__EXERCISE AIM__:
Among the entries below, one stretch runs from the line that contains "const LATER_FIRST: [u8;" through the line that contains "shards N INDEX1". Repeat that stretch exactly, ends included, and only that.

__PROVIDED RECORDS__:
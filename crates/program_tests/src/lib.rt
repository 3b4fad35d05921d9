#![tactic(auto)]

//! The program's worked examples. They stand in a crate of their own, since a crate that has tests is proved twice.

#[cfg(test)]
mod commands;
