/// The same with a long varint, fields in another order and an unknown field.
const SLOPPY: [u8; 74] = [
    0x15, 0x08, 0x01, 0x10, 0x01, 0x18, 0x03, 0x20, 0x01, 0x28, 0x03, 0x30, 0x0f, 0x39, 0x00, 0x00,
    0x00, 0x00, 0x00, 0x00, 0x14, 0x40, 0x18, 0x0a, 0x01, 0x61, 0x10, 0x83, 0x00, 0x18, 0x0f, 0x22,
    0x02, 0x10, 0x09, 0x22, 0x04, 0x08, 0x01, 0x10, 0x05, 0x22, 0x04, 0x08, 0x01, 0x10, 0x01, 0x08,
    0x18, 0x09, 0x12, 0x02, 0x64, 0x30, 0x48, 0x05, 0x08, 0x08, 0x01, 0x12, 0x02, 0x64, 0x31, 0x18,
    0x05, 0x08, 0x08, 0x02, 0x12, 0x02, 0x64, 0x32, 0x18, 0x01,
];

/// Documents d0 and d1; `p`: (1,3); `q`: (0,3).
const LATER_FIRST: [u8; 64] = [
    0x15, 0x08, 0x01, 0x10, 0x02, 0x18, 0x02, 0x20, 0x02, 0x28, 0x02, 0x30, 0x06, 0x39, 0x00, 0x00,
    0x00, 0x00, 0x00, 0x00, 0x08, 0x40, 0x0d, 0x0a, 0x01, 0x70, 0x10, 0x01, 0x18, 0x03, 0x22, 0x04,
    0x08, 0x01, 0x10, 0x03, 0x0b, 0x0a, 0x01, 0x71, 0x10, 0x01, 0x18, 0x03, 0x22, 0x02, 0x10, 0x03,
    0x06, 0x12, 0x02, 0x64, 0x30, 0x18, 0x03, 0x08, 0x08, 0x01, 0x12, 0x02, 0x64, 0x31, 0x18, 0x03,
];

/// Documents d0 and d1; `p`: (0,2), (1,3); `q`: (0,1).
const LEVEL_AT_LAST: [u8; 68] = [
    0x15, 0x08, 0x01, 0x10, 0x02, 0x18, 0x02, 0x20, 0x02, 0x28, 0x02, 0x30, 0x06, 0x39, 0x00, 0x00,
    0x00, 0x00, 0x00, 0x00, 0x08, 0x40, 0x11, 0x0a, 0x01, 0x70, 0x10, 0x02, 0x18, 0x05, 0x22, 0x02,
    0x10, 0x02, 0x22, 0x04, 0x08, 0x01, 0x10, 0x03, 0x0b, 0x0a, 0x01, 0x71, 0x10, 0x01, 0x18, 0x01,
    0x22, 0x02, 0x10, 0x01, 0x06, 0x12, 0x02, 0x64, 0x30, 0x18, 0x03, 0x08, 0x08, 0x01, 0x12, 0x02,
    0x64, 0x31, 0x18, 0x03,
];

/// What `--help` prints.
const HELP: &[u8] = b"\
commands, with * behind the file that is written:\n\
once CIFF K BUDGET TERM..\n\
\x20   answer a query over a CIFF file\n\
rewrite FROM TO*\n\
\x20   write a CIFF file in the canonical spelling\n\
import CIFF INDEX* [weights=tf|bm25] [bits=raw|1..16]\n\
\x20   make an index file of a CIFF file\n\
check INDEX\n\
\x20   check an index file, and print its totals\n\
export INDEX CIFF*\n\
\x20   write a CIFF file with the impacts as frequencies\n\
migrate OLD NEW*\n\
\x20   write an index file of version 1 in version 2\n\
search INDEX QUERIES RUN* [k=K] [budget=B,..] [tag=TAG] [mode=plain|folded] [until=budget|final]\n\
\x20   answer the queries of a file\n\
shards N INDEX1 .. INDEXN QUERIES RUN* [k=K] [budget=B,..] [tag=TAG] [mode=plain|folded]\n\
\x20   answer them over the parts of a collection as over one index\n\
exhaust INDEX QUERIES RUN* [k=K] [tag=TAG] [mode=plain|folded]\n\
\x20   answer them by all postings, one document after the other\n\
audit INDEX QUERIES RUN REPORTS [k=K] [budget=B,..] [tag=TAG] [mode=plain|folded]\n\
\x20   say whether a run and its reports are those of the search\n\
serve INDEX frames=N\n\
\x20   answer the lines of the input at a desk over an index file\n\
trial SEED DOCS TERMS QUERIES\n\
\x20   answer queries over a collection made from a seed, and print a summary\n\
--help\n\
\x20   print this text\n\
--version\n\
\x20   print the name and the version\n\
\n\
statuses:\n\
0  done\n\
1  no memory\n\
2  the words are no command\n\
3  an input is refused\n\
4  an input could not be read, or is missing\n\
5  an output could not be written\n\
6  2^30 bytes of the input were taken, and no line was end\n\
\n\
documents: README.md, docs/\n\
";

/// A file, a length, and bytes of it at their places.
type Changed<'a> = (&'a [u8], usize, &'a [(usize, u8)]);

/// The file, cut to the length or filled up to it by zeros, with those bytes in place of its own.
fn changed(rt: &impl Abort, alloc: Global, change: Changed<'_>) -> Vec<u8> {
    let (file, length, others) = change;
    let mut bytes = vec![in alloc; 0; length].expect(rt, "no memory");
    for (to, from) in bytes.iter_mut().zip(file) {
        *to = *from;
    }
    set_bytes(bytes.as_mut_slice(), others);
    bytes
}

/// Appends bytes.
fn put(rt: &impl Abort, bytes: &mut Vec<u8>, more: &[u8]) {
    bytes.extend_from_slice(more).expect(rt, "no memory");
}

/// Sets bytes at their places.
fn set_bytes(bytes: &mut [u8], others: &[(usize, u8)]) {
    for (at, other) in others {
        if let Some(byte) = bytes.get_mut(*at) {
            *byte = *other;
        }
    }
}

/// Which calls fail: reads and writes of files, and puts on the output and on the notes.
#[derive(Clone, Copy)]
struct Bad {
    reads: u64,
    writes: u64,
    puts: u64,
    notes: u64,
}

/// No call, since there are fewer.
const NEVER: u64 = 1_000_000;

const NONE: Bad = Bad {
    reads: NEVER,
    writes: NEVER,
    puts: NEVER,
    notes: NEVER,
};

/// What kind of call fails.
#[derive(Clone, Copy)]
enum Call {
    Read,
    Write,
    Put,
}

/// The call of this kind and number alone.
fn only(call: Call, number: u64) -> Bad {
    match call {
        Call::Read => Bad {
            reads: number,
            ..NONE
        },
        Call::Write => Bad {
            writes: number,
            ..NONE
        },
        Call::Put => Bad {
            puts: number,
            ..NONE
        },
    }
}

/// What a run left: its status, its output and its notes.
#[derive(Drop)]
struct Left {
    status: u8,
    out: MemSink,
    notes: MemSink,
}

/// A run of these words has this status, output and note.
fn check_left(rt: &impl Abort, words: &str, left: &Left, status: u8, out: &[u8], notes: &[u8]) {
    assert_eq!(rt; left.status, status, "{words}");
    assert!(rt; left.out.written() == out, "{words}");
    assert!(rt; left.notes.written() == notes, "{words}");
}

/// Runs words, and gives the number of the status.
fn ended_by<C: Cabinet, I: Feed, L: Ledger>(
    alloc: Global,
    blank: Blank,
    words: &[String],
    files: &mut C,
    input: &mut I,
    out: &mut MemSink,
    notes: &mut MemSink,
) -> u8
    requires name { blank.name ≡ L.name }
    requires parts { blank.parts ≡ L.parts }
    requires some { 0 < blank.parts }
{
    let mut steps = Steps::<L>::new(blank);
    run(alloc, words, files, input, out, notes, &mut steps).number()
}

/// The same with a fresh ledger.
fn ended<C: Cabinet, I: Feed>(
    alloc: Global,
    words: &[String],
    files: &mut C,
    input: &mut I,
    out: &mut MemSink,
    notes: &mut MemSink,
) -> u8 {
    ended_by::<C, I, Brand>(alloc, Blank::new(1), words, files, input, out, notes)
}

/// A sink whose puts fail where named.
fn sink_of(rt: &impl Abort, alloc: Global, bad: &[u64]) -> MemSink {
    MemSink::new(alloc, listed(rt, alloc, bad))
}

/// Runs the words of a line over files and an input. The puts on the output and the notes fail where named.
fn left_by<C: Cabinet, I: Feed>(
    rt: &impl Abort,
    alloc: Global,
    words: &str,
    files: &mut C,
    input: &mut I,
    bad_puts: &[u64],
    bad_notes: &[u64],
) -> Left {
    let words = parted(rt, alloc, words);
    let mut out = sink_of(rt, alloc, bad_puts);
    let mut notes = sink_of(rt, alloc, bad_notes);
    let status = ended(alloc, words.as_slice(), files, input, &mut out, &mut notes);
    Left { status, out, notes }
}

/// What a run left, and what a file holds then.
#[derive(Drop)]
struct Made {
    left: Left,
    content: Vec<u8>,
}

/// Whether nothing was noted, and all else is as in another run.
fn is_muted(muted: &Made, other: &Made) -> bool {
    muted.left.notes.written().is_empty()
        && muted.left.status == other.left.status
        && muted.left.out.written() == other.left.out.written()
        && muted.content.as_slice() == other.content.as_slice()
}

/// Runs words over files and no input, and takes the content of a file behind it. The puts on the output and the notes
/// fail where named.
fn made_by(
    rt: &impl Abort,
    alloc: Global,
    words: &str,
    files: &mut MemCabinet,
    bad: Bad,
    name: &str,
) -> Made {
    let mut input = SliceFeed::new(b"");
    let left = left_by(
        rt,
        alloc,
        words,
        files,
        &mut input,
        &[bad.puts],
        &[bad.notes],
    );
    let content = content_of(rt, alloc, files, name);
    Made { left, content }
}

/// A cabinet with one file. The reads and the writes fail where named.
fn cabinet_with(
    rt: &impl Abort,
    alloc: Global,
    name: &str,
    content: &[u8],
    bad_reads: &[u64],
    bad_writes: &[u64],
) -> MemCabinet {
    let bad_reads = listed(rt, alloc, bad_reads);
    let bad_writes = listed(rt, alloc, bad_writes);
    let mut files = MemCabinet::new(alloc, bad_reads, bad_writes);
    store(rt, &mut files, name, content);
    files
}

/// Puts a file into a cabinet.
fn store(rt: &impl Abort, files: &mut MemCabinet, name: &str, content: &[u8]) {
    files.store(name, content).expect(rt, "no memory");
}

/// The content of a file, where it is there.
fn content_of(rt: &impl Abort, alloc: Global, files: &MemCabinet, name: &str) -> Vec<u8> {
    let content = files.content(name).unwrap_or(b"");
    Vec::from_slice(alloc, content).expect(rt, "no memory")
}

/// Runs words over a cabinet with one file, whose reads and the puts on the output and the notes fail where named.
fn ran(
    rt: &impl Abort,
    alloc: Global,
    ciff: &[u8],
    words: &str,
    bad_reads: &[u64],
    bad_puts: &[u64],
    bad_notes: &[u64],
) -> Left {
    let mut files = cabinet_with(rt, alloc, "b.ciff", ciff, bad_reads, &[]);
    let mut input = SliceFeed::new(b"");
    left_by(
        rt, alloc, words, &mut files, &mut input, bad_puts, bad_notes,
    )
}

/// The numbers as a row.
fn listed(rt: &impl Abort, alloc: Global, numbers: &[u64]) -> Row<u64> {
    Row::from_vec(Vec::from_slice(alloc, numbers).expect(rt, "no memory"))
}

/// Puts a word behind others.
fn put_word(rt: &impl Abort, alloc: Global, words: &mut Vec<String>, word: &str) {
    let word = String::from_str(alloc, word).expect(rt, "no memory");
    words.push(word).expect(rt, "no memory");
}

/// The words between the blanks of a line.
fn parted(rt: &impl Abort, alloc: Global, line: &str) -> Vec<String> {
    let mut words = Vec::new(alloc);
    for word in line.split_whitespace() {
        put_word(rt, alloc, &mut words, word);
    }
    words
}

/// A content of `b.ciff`, words, and the output.
type Answer<'a> = (&'a [u8], &'a str, &'a [u8]);

/// Answers over whole collections, or over none.
const ANSWERS: [Answer<'static>; 17] = [
    (
        &ONE_TERM,
        "once b.ciff 3 all a",
        b"q postings 3 segments 3 of 3 cutoff 1 next 0 bound 0 unknown 0 final\nq Q0 d0 1 9 jass\nq Q0 d1 2 5 jass\nq Q0 d2 3 1 jass\n",
    ),
    (
        &SLOPPY,
        "once b.ciff 3 all a",
        b"q postings 3 segments 3 of 3 cutoff 1 next 0 bound 0 unknown 0 final\nq Q0 d0 1 9 jass\nq Q0 d1 2 5 jass\nq Q0 d2 3 1 jass\n",
    ),
    (
        &TWO_TERMS,
        "once b.ciff 4 all cat dog",
        b"q postings 5 segments 4 of 4 cutoff 1 next 0 bound 0 unknown 0 final\nq Q0 d0 1 3 jass\nq Q0 d1 2 3 jass\nq Q0 d2 3 3 jass\nq Q0 d3 4 1 jass\n",
    ),
    (
        &TWO_TERMS,
        "once b.ciff 4 4 cat dog",
        b"q postings 3 segments 3 of 4 cutoff 2 next 1 bound 1 unknown 0 open\nq Q0 d0 1 3 jass\nq Q0 d2 2 3 jass\nq Q0 d1 3 2 jass\n",
    ),
    (
        &TWO_TERMS,
        "once b.ciff 4 0 cat dog",
        b"q postings 0 segments 0 of 4 cutoff 0 next 3 bound 6 unknown 0 open\n",
    ),
    (
        &TWO_TERMS,
        "once b.ciff 2 2 cat dog",
        b"q postings 2 segments 2 of 4 cutoff 3 next 2 bound 3 unknown 0 open\nq Q0 d0 1 3 jass\nq Q0 d2 2 3 jass\n",
    ),
    (
        &TWO_TERMS,
        "once b.ciff 4 all zzz dog dog",
        b"q postings 2 segments 2 of 2 cutoff 4 next 0 bound 0 unknown 1 final\nq Q0 d2 1 6 jass\nq Q0 d1 2 4 jass\n",
    ),
    (
        &ONE_TERM,
        "once b.ciff 1 1 a",
        b"q postings 1 segments 1 of 3 cutoff 9 next 5 bound 5 unknown 0 final\nq Q0 d0 1 9 jass\n",
    ),
    (
        &ONE_TERM,
        "once b.ciff 3 2 a",
        b"q postings 2 segments 2 of 3 cutoff 5 next 1 bound 1 unknown 0 open\nq Q0 d0 1 9 jass\nq Q0 d1 2 5 jass\n",
    ),
    (
        &ONE_TERM,
        "once b.ciff 2 2 a",
        b"q postings 2 segments 2 of 3 cutoff 5 next 1 bound 1 unknown 0 final\nq Q0 d0 1 9 jass\nq Q0 d1 2 5 jass\n",
    ),
    (
        &LEVEL_AT_LAST,
        "once b.ciff 2 2 p q",
        b"q postings 2 segments 2 of 3 cutoff 2 next 1 bound 1 unknown 0 set\nq Q0 d1 1 3 jass\nq Q0 d0 2 2 jass\n",
    ),
    (
        &LATER_FIRST,
        "once b.ciff 1 1 p q",
        b"q postings 1 segments 1 of 2 cutoff 3 next 3 bound 3 unknown 0 open\nq Q0 d1 1 3 jass\n",
    ),
    (
        &ONE_TERM,
        "once b.ciff 4 all a a",
        b"q postings 3 segments 3 of 3 cutoff 2 next 0 bound 0 unknown 0 final\nq Q0 d0 1 18 jass\nq Q0 d1 2 10 jass\nq Q0 d2 3 2 jass\n",
    ),
    (
        &ONE_TERM,
        "once b.ciff 4 all a zzz",
        b"q postings 3 segments 3 of 3 cutoff 1 next 0 bound 0 unknown 1 final\nq Q0 d0 1 9 jass\nq Q0 d1 2 5 jass\nq Q0 d2 3 1 jass\n",
    ),
    (
        &[0],
        "once b.ciff 4 all a",
        b"q postings 0 segments 0 of 0 cutoff 0 next 0 bound 0 unknown 1 final\n",
    ),
    (&[], "--help", HELP),
    (&[], "--version", b"jass 0.1.0\n"),
];

/// A run is done, and prints what stands beside it.
fn check_answer(rt: &impl Abort, alloc: Global, answer: Answer<'_>) {
    let (ciff, words, out) = answer;
    let left = ran(rt, alloc, ciff, words, &[], &[], &[]);
    check_left(rt, words, &left, 0, out, b"");
}

/// Each run over a whole collection ends so.
fn check_answers(rt: &impl Abort, alloc: Global, answers: &[Answer<'_>]) {
    for answer in answers {
        check_answer(rt, alloc, *answer);
    }
}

__EXERCISE OUTPUT__:
const LATER_FIRST: [u8; 64] = [
    0x15, 0x08, 0x01, 0x10, 0x02, 0x18, 0x02, 0x20, 0x02, 0x28, 0x02, 0x30, 0x06, 0x39, 0x00, 0x00,
    0x00, 0x00, 0x00, 0x00, 0x08, 0x40, 0x0d, 0x0a, 0x01, 0x70, 0x10, 0x01, 0x18, 0x03, 0x22, 0x04,
    0x08, 0x01, 0x10, 0x03, 0x0b, 0x0a, 0x01, 0x71, 0x10, 0x01, 0x18, 0x03, 0x22, 0x02, 0x10, 0x03,
    0x06, 0x12, 0x02, 0x64, 0x30, 0x18, 0x03, 0x08, 0x08, 0x01, 0x12, 0x02, 0x64, 0x31, 0x18, 0x03,
];

/// Documents d0 and d1; `p`: (0,2), (1,3); `q`: (0,1).
const LEVEL_AT_LAST: [u8; 68] = [
    0x15, 0x08, 0x01, 0x10, 0x02, 0x18, 0x02, 0x20, 0x02, 0x28, 0x02, 0x30, 0x06, 0x39, 0x00, 0x00,
    0x00, 0x00, 0x00, 0x00, 0x08, 0x40, 0x11, 0x0a, 0x01, 0x70, 0x10, 0x02, 0x18, 0x05, 0x22, 0x02,
    0x10, 0x02, 0x22, 0x04, 0x08, 0x01, 0x10, 0x03, 0x0b, 0x0a, 0x01, 0x71, 0x10, 0x01, 0x18, 0x01,
    0x22, 0x02, 0x10, 0x01, 0x06, 0x12, 0x02, 0x64, 0x30, 0x18, 0x03, 0x08, 0x08, 0x01, 0x12, 0x02,
    0x64, 0x31, 0x18, 0x03,
];

/// What `--help` prints.
const HELP: &[u8] = b"\
commands, with * behind the file that is written:\n\
once CIFF K BUDGET TERM..\n\
\x20   answer a query over a CIFF file\n\
rewrite FROM TO*\n\
\x20   write a CIFF file in the canonical spelling\n\
import CIFF INDEX* [weights=tf|bm25] [bits=raw|1..16]\n\
\x20   make an index file of a CIFF file\n\
check INDEX\n\
\x20   check an index file, and print its totals\n\
export INDEX CIFF*\n\
\x20   write a CIFF file with the impacts as frequencies\n\
migrate OLD NEW*\n\
\x20   write an index file of version 1 in version 2\n\
search INDEX QUERIES RUN* [k=K] [budget=B,..] [tag=TAG] [mode=plain|folded] [until=budget|final]\n\
\x20   answer the queries of a file\n\
shards N INDEX1 .. INDEXN QUERIES RUN* [k=K] [budget=B,..] [tag=TAG] [mode=plain|folded]\n\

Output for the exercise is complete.